Records to process:
----
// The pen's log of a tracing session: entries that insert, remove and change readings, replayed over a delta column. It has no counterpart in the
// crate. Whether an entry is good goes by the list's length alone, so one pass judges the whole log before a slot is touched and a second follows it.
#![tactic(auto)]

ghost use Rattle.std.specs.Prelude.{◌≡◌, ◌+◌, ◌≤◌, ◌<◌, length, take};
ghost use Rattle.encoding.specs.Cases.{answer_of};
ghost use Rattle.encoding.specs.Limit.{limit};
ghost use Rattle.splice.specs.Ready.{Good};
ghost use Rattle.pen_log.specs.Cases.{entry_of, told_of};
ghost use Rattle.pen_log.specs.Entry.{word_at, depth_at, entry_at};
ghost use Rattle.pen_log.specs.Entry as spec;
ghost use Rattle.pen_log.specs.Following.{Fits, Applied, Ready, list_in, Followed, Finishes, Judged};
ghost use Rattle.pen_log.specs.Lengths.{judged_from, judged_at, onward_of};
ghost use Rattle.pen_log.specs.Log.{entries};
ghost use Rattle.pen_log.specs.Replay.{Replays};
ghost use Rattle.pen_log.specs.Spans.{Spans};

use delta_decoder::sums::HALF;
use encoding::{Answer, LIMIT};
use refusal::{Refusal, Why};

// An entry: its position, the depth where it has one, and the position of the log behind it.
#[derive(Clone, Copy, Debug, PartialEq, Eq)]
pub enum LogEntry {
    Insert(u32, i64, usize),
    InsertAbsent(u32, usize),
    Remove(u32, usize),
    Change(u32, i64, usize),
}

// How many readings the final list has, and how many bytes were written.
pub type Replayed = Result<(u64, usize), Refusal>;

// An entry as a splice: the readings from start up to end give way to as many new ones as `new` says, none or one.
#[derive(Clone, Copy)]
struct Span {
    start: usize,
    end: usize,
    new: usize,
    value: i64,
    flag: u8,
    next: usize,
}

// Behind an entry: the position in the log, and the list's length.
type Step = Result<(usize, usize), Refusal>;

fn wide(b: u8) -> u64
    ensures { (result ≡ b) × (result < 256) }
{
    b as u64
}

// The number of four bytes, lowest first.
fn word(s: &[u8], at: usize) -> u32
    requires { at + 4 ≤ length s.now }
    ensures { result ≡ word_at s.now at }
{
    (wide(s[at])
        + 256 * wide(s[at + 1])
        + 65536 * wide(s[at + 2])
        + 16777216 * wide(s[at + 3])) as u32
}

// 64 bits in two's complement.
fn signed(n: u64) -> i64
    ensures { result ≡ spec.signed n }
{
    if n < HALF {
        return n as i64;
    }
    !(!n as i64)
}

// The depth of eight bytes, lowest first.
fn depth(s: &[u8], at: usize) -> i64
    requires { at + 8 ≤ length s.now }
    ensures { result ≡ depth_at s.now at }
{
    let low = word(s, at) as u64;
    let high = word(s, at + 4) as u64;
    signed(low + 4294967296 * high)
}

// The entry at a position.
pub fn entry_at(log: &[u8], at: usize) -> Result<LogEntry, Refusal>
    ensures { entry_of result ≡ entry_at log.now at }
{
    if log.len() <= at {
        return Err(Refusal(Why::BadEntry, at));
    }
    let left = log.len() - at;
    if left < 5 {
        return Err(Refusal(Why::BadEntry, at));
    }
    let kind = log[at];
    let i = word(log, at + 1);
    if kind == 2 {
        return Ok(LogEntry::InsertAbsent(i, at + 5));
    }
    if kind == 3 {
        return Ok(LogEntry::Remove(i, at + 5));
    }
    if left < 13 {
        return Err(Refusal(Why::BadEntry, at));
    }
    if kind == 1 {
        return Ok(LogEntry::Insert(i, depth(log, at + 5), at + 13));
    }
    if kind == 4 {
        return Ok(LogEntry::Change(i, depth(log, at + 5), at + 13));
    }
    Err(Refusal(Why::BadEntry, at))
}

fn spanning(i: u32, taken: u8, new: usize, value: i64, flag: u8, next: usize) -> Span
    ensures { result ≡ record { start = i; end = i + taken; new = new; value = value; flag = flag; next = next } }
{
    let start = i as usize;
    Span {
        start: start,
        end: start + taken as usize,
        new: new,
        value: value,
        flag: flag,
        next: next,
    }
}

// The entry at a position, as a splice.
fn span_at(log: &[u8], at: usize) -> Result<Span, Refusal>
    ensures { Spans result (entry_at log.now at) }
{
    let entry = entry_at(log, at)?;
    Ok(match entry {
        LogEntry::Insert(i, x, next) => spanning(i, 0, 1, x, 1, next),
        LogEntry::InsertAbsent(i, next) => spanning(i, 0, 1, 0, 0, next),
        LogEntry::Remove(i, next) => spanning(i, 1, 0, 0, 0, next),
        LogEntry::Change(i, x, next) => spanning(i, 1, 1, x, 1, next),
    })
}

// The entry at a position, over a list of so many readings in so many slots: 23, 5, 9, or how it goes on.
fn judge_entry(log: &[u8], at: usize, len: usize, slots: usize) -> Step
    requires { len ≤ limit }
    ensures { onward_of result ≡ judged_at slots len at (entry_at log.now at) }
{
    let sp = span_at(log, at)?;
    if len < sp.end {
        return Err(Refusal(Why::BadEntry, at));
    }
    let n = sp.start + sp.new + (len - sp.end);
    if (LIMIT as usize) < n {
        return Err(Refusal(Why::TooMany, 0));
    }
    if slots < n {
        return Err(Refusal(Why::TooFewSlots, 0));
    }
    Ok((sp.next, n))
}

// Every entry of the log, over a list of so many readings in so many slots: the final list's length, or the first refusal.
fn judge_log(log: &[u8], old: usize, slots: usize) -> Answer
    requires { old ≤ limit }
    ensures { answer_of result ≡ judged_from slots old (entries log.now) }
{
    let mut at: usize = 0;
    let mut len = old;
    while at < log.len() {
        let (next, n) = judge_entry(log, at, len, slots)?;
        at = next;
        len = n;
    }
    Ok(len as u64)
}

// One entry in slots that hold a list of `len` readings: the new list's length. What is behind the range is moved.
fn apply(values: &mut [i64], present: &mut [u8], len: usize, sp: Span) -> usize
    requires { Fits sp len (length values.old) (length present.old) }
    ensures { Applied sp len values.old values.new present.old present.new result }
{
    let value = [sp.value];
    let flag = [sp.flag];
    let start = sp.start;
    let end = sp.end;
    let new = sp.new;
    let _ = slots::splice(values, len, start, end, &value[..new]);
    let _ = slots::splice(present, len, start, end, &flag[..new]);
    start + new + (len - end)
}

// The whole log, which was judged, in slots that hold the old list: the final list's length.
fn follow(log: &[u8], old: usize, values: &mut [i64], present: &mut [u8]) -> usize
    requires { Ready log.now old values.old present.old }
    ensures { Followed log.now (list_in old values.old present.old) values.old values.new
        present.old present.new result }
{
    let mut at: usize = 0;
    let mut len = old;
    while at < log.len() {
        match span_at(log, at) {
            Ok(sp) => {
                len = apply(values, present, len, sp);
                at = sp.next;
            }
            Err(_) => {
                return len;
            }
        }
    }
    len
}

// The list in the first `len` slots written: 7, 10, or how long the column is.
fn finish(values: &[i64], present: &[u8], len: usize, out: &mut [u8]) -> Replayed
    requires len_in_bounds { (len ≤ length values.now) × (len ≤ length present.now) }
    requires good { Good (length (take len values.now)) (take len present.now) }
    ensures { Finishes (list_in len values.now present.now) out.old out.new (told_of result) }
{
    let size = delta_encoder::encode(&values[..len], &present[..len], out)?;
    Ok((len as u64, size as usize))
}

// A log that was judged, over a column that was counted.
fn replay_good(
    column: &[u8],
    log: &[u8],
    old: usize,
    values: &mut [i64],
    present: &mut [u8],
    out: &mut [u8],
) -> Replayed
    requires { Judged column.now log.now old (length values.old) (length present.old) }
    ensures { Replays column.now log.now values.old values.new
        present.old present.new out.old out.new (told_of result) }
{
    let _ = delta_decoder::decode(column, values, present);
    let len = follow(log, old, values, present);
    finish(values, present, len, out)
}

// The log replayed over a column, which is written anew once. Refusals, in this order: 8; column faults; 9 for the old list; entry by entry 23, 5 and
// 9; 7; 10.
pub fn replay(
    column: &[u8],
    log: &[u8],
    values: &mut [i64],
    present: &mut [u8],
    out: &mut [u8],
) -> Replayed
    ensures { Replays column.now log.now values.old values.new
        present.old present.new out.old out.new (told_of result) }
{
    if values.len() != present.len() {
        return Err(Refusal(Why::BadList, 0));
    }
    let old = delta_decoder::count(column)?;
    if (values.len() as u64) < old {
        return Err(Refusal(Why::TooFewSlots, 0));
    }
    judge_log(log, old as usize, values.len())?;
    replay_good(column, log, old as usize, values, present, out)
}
----
Please tally the lines of the material that contain the word "bytes", then give the total alone.

Response box:
3